L’economia circolare degli alimenti zootecnici, una bella storia di Assalzoo
Nata per trasformare molti dei sottoprodotti alimentari in alimenti per gli animali, l'industria mangimistica è un esempio di economia circolare

Il 28 maggio 2025 nel suggestivo palazzo di Villa Aurelia di Roma, Assalzoo ha voluto celebrare i suoi primi 80 anni di attività invitando i suoi soci, ossia l’industria che produce alimenti per gli animali, Ettore Prandini, presidente della Coldiretti, Massimiliano Giansanti, presidente di Copa e Confagricoltura, e Cristiano Fini, presidente della CIA e alcuni giornalisti.
Ospiti d’onore Paolo De Castro, dell’Università di Bologna, e Patrizio Giacomo La Pietra, delegato del Presidente del Consiglio nonché Sottosegretario di Stato per l’agricoltura, la sovranità alimentare e le foreste. I lavori sono stati coordinati da Claudia Cartolano, giornalista di Sky TG24.
Molto interessante la storia dell’industria mangimistica raccontata dal presidente ASSALZOO Silvio Ferrari e la fotografia della zootecnia italiana tracciata da Ersilia di Tullio di Nomisma.
Si va ai convegni per ascoltare storie e punti di vista che arricchiscono il patrimonio conoscitivo personale e collettivo o, come nel nostro caso, per meglio orientare l’offerta di contenuti che Ruminantia offre giornalmente a voi lettori.
E’ tipico di questo tempo dell’abbondanza che si faccia fatica a fare incontrare la domanda e l’offerta di idee e soluzioni. In un’epoca in cui la comunicazione si è evoluta in modo esponenziale, soprattutto grazie al digitale si è amplificato a dismisura il dialogo dentro gruppi di potere, cultura, affari e tempo libero, mentre quello tra la cittadinanza e chi ha punti di vista differenti si è arrestato, come se fosse rimasto fermo a prima dell’avvento del mainstream, ovvero del giornalismo e dell’intrattenimento generalista.
L’industria mangimistica, fin da suoi albori, è nata per trasformare molti dei sottoprodotti alimentari in alimenti per gli animali, sia da reddito che da affezione o sport, inaugurando e sostenendo di fatto la cultura tecnica e scientifica della nutrizione animale. Si deve alle reti tecniche e commerciali dell’industria mangimistica e ai piani di assistenza zootecnica (ATZ) voluti dal Sistema Allevatori AIA-APA, unitamente alla stampa specializzata, la diffusione negli allevamenti delle conoscenze e formazione in questo campo.
Un tempo gli allevatori e l’industria di trasformazione avevano un solo dovere: fornire alla gente prodotti del latte e della carne salubri e nutrienti ad un prezzo equo. Oggi però una parte consistente della gente è molto attenta alla propria salute a quella dell’ambiente, e ad evitare la sofferenza degli animali, e ama informarsi leggendo anche le etichette dei prodotti che acquista.

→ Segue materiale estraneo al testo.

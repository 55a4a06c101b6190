//! Clients in memory, as a listener.
use crate::client::Client;
use http_session::Listener;
use std::alloc::Global;
use std::io;
use std::io::ErrorKind;

/// Clients that wait, the next one first, and those that were answered.
#[derive(Drop)]
pub struct Clients<'a> {
    alloc: Global,
    /// What each that waits sends.
    pub waiting: &'a [&'a [u8]],
    /// The handle on which each was answered that was closed, the last one last.
    pub closed: Vec<Client<'a>>,
    /// Whether one was lost because memory to keep it was refused.
    pub is_short: bool,
}

impl<'a> Clients<'a> {
    ghost use Rattle.std.specs.Prelude.{◌≡◌, [], false};

    /// Returns clients that wait and send these bytes, of which none was answered.
    pub fn new(alloc: Global, waiting: &'a [&'a [u8]]) -> Clients<'a>
        ensures waiting { result.waiting ≡ waiting.entry }
        ensures closed { result.closed.items ≡ [] }
        ensures is_short { result.is_short ≡ false }
    {
        Clients {
            alloc,
            waiting,
            closed: Vec::new(alloc),
            is_short: false,
        }
    }
}

impl<'a> Listener for Clients<'a> {
    ghost use Rattle.memory_listener.specs.Listening.{TakesOne, HasNone, KeepsOne};
    ghost use Rattle.std.specs.Prelude.{⊤};

    type Stream = Client<'a>;

    ghost accepts = { TakesOne };

    ghost fails = { HasNone };

    ghost closes = { λ _ _ _. ⊤ };

    ghost closes_both = { λ old _ second new. KeepsOne old second new };

    fn accept(&mut self) -> io::Result<Client<'a>> {
        let [left, waiting @ ..] = self.waiting else {
            return Err(io::Error::from(ErrorKind::WouldBlock));
        };
        self.waiting = waiting;
        Ok(Client::new(self.alloc, *left))
    }

    fn close(&mut self, _stream: Client<'a>) {}

    fn close_both(&mut self, _first: Client<'a>, second: Client<'a>) {
        if self.closed.push(second).is_err() {
            self.is_short = true;
        }
    }
}
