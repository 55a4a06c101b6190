//! Clients in memory are served.
ghost use Rattle.std.specs.Prelude.{◌≡◌, List, false};
ghost use Rattle.http_session.specs.Exchanges.{Exchange};
ghost use Rattle.http_session.specs.Serving.{all_messages};
ghost use Rattle.http_session.specs.Sides.{StandsOn};
ghost use Rattle.memory_listener.specs.Answered.{WereServed};

use crate::clients::Clients;
use http_session::{Answers, ServeFault, serve};
use std::alloc::Global;
use std::time::Duration;

/// Serves so many of the clients, one after another. Each gets the answers to the messages that its bytes
/// spell.
pub fn serve_clients<'a, D: Answers>(
    alloc: Global,
    desk: &mut D,
    clients: &mut Clients<'a>,
    connections: u64,
) -> Result<(), ServeFault>
    ensures before { D.is_clean desk.new → D.is_clean desk.old }
    ensures told { clients.new.is_short ≡ false → (sessions : List (List Exchange))
        × WereServed connections clients.old clients.new result sessions
        × StandsOn D.Answers desk.old desk.new (all_messages sessions) }
{
    serve(alloc, desk, clients, connections, Duration::from_secs(60))
}
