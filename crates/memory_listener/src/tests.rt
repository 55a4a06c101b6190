//! Clients in memory get their answers.
use crate::clients::Clients;
use crate::serving::serve_clients;
use http_message::Message;
use http_session::{Answers, ServeFault, Unavailable};
use std::alloc::Global;
use std::process::Abort;

/// Answers each message with the same bytes.
#[derive(Drop)]
struct Fixed {
    answered: u64,
}

const ANSWER: &[u8] = b"HTTP/1.1 204 No Content\r\n\r\n";

impl Answers for Fixed {
    ghost use Rattle.std.specs.Prelude.{⊤};

    ghost Behind = { ⊤ };

    ghost is_clean = { λ _. ⊤ };

    ghost stands_for = { λ _ _. ⊤ };

    ghost step = { λ _ _ _ _. ⊤ };

    fn answer(&mut self, alloc: Global, _message: Message<'_>) -> Result<Vec<u8>, Unavailable> {
        self.answered = self.answered.saturating_add(1);
        let mut bytes = Vec::new(alloc);
        match bytes.extend_from_slice(ANSWER) {
            Ok(()) => Ok(bytes),
            Err(_) => Err(Unavailable),
        }
    }
}

const KEPT: &[u8] = b"GET /a HTTP/1.1\r\n\r\n";

const TWICE: &[u8] =
    b"GET /a HTTP/1.1\r\n\r\nGET /b HTTP/1.1\r\nConnection: close\r\n\r\nGET /c HTTP/1.1\r\n\r\n";

const CUT: &[u8] = b"GET /a HTT";

#[test]
fn each_client_gets_its_answers(rt: HostRuntime) {
    let mut desk = Fixed { answered: 0 };
    let waiting = [KEPT, TWICE, CUT];
    let mut clients = Clients::new(rt.alloc(), &waiting);
    assert!(&rt; serve_clients(rt.alloc(), &mut desk, &mut clients, 3) == Ok(()));
    assert!(&rt; desk.answered == 3);
    assert!(&rt; clients.closed.len() == 3);
    assert!(&rt; clients.closed[0].got.as_slice() == ANSWER);
    assert!(&rt; clients.closed[1].got.len() == 2 * ANSWER.len());
    assert!(&rt; clients.closed[2].got.is_empty());
}

#[test]
fn a_client_that_does_not_come_is_reported(rt: HostRuntime) {
    let mut desk = Fixed { answered: 0 };
    let waiting = [KEPT];
    let mut clients = Clients::new(rt.alloc(), &waiting);
    assert!(&rt;
        serve_clients(rt.alloc(), &mut desk, &mut clients, 2) == Err(ServeFault::Accept(1))
    );
    assert!(&rt; desk.answered == 1);
}
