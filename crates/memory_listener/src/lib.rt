//! A listener in memory. Its clients are known bytes: what they send, and what they are answered.
//!
//! It shows that what `serve` says of a listener is not empty: of this one it says which bytes each client
//! gets.
#![tactic(auto)]

mod client;
mod clients;
mod serving;
#[cfg(test)]
mod tests;

pub use client::Client;
pub use clients::Clients;
pub use serving::serve_clients;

L’industria è molto attenta ad offrire alla gente quello che cerca e pertanto ne segue con particolare attenzione il comportamento d’acquisto. L’Osservatorio Immagino GS-1 monitora costantemente gli acquisti che gli italiani fanno nei punti vendita della GDO, nella convinzione del fatto che le etichette dei prodotti raccontano i consumi degli italiani, e da questo monitoraggio genera report semestrali da cui escono suggerimenti interessanti anche per chi produce cibo per l’uomo. I claim riconducibili all’area sostenibilità ambientale compaiono sulle etichette di 116.950 delle referenze, pari all’84.6% dei prodotti monitorati dall’Osservatorio Immagino GS-1 con un valore di 44.3 miliardi di euro.
L’abbinamento industria mangimistica – allevamento dei ruminanti è da tempi non sospetti un esempio virtuoso e ampiamente dimostrabile di sostenibilità ambientale, perché gli alimenti zootecnici che queste specie animali consumano non sono utilizzabili per l’alimentazione umana e molti sono sottoprodotti dell’industria agroalimentare. Il ruminante compie il prodigio di produrre carne e latte, ossia nutrienti di altissimo valore biologico, partendo da alimenti vegetali che verrebbero scartati e che comunque l’uomo non può digerire.
Durante i festeggiamenti per gli 80 anni di Assalzoo molti di quelli invitati a parlare si sono chiesti cosa fare. A nostro avviso, raccontare alla gente quello che fa l’economia circolare, gestita dall’industria mangimistica in particolare per i ruminanti, sarebbe un passo importante per riavvicinarla all’agricoltura e agli allevamenti.